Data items
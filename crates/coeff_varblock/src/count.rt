// Counts of coefficients that are not 0: prediction, context, and what they come to over blocks (`hf_coeff.rs`).
ghost use Rattle.std.specs.Prelude.{◌≡◌, ◌+◌, ◌*◌, ◌^◌, ◌≤◌, ◌<◌, leb, get_or};
ghost use Rattle.coeff_walk.specs.Item.{predicted, count_index, count_over};

// The count that a row predicts at block x, y.
fn predict(row: &[u32; 32], x: usize, y: usize) -> usize
    requires { x < 32 }
    ensures { (result ≡ predicted row.now x y) × (result ≤ 4294967295) }
{
    if y == 0 {
        if x == 0 {
            return 32;
        }
        return row[x - 1] as usize;
    }
    if x == 0 {
        return row[0] as usize;
    }
    (row[x] as usize + row[x - 1] as usize + 1) / 2
}

fn count_index(p: usize) -> usize
    ensures { result ≡ count_index p }
{
    if 8 <= p {
        return 4 + p / 2;
    }
    p
}

// A count of at most four for each of 2 to the power `exponent` blocks.
#[tactic(auto, using(coeff_walk::proofs::laws::Counts::shifted_left))]
pub(crate) fn first_prev(n: usize, exponent: usize) -> bool
    requires { exponent ≤ 10 }
    ensures { result ≡ leb n (4 * 2 ^ exponent) }
{
    n <= 4 << exponent
}

// A count over 2 to the power `exponent` blocks, rounded up.
#[tactic(auto, using(coeff_walk::proofs::laws::Counts::shifted_left, coeff_walk::proofs::laws::Counts::power_le, coeff_walk::proofs::laws::Counts::count_over_lem))]
pub(crate) fn count_over(n: usize, exponent: usize) -> u32
    requires { (exponent ≤ 10) × (n ≤ 63 * 2 ^ exponent) }
    ensures { result ≡ count_over n (2 ^ exponent) }
{
    let blocks = 1 << exponent;
    ((n + blocks - 1) >> exponent) as u32
}

// The cluster of a count, from the preset's part of the cluster map.
pub(crate) fn count_cluster(
    preset_map: &[u8],
    row: &[u32; 32],
    x: usize,
    y: usize,
    block_context: usize,
    clusters: usize,
) -> u8
    requires { (x < 32) × (block_context < clusters) × (clusters ≤ 16) }
    ensures { result ≡ get_or preset_map.now (block_context + count_index (predicted row.now x y) * clusters) 0 }
{
    let predicted = predict(row, x, y);
    let entry = block_context + count_index(predicted) * clusters;
    preset_map.get(entry).copied().unwrap_or(0)
}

◆ EXERCISE GOAL:
Could you find every line in the records above that contains the word "tactic" and copy it?

◆ OUTPUT FOR THIS EXERCISE:
#[tactic(auto, using(coeff_walk::proofs::laws::Counts::shifted_left))]
#[tactic(auto, using(coeff_walk::proofs::laws::Counts::shifted_left, coeff_walk::proofs::laws::Counts::power_le, coeff_walk::proofs::laws::Counts::count_over_lem))]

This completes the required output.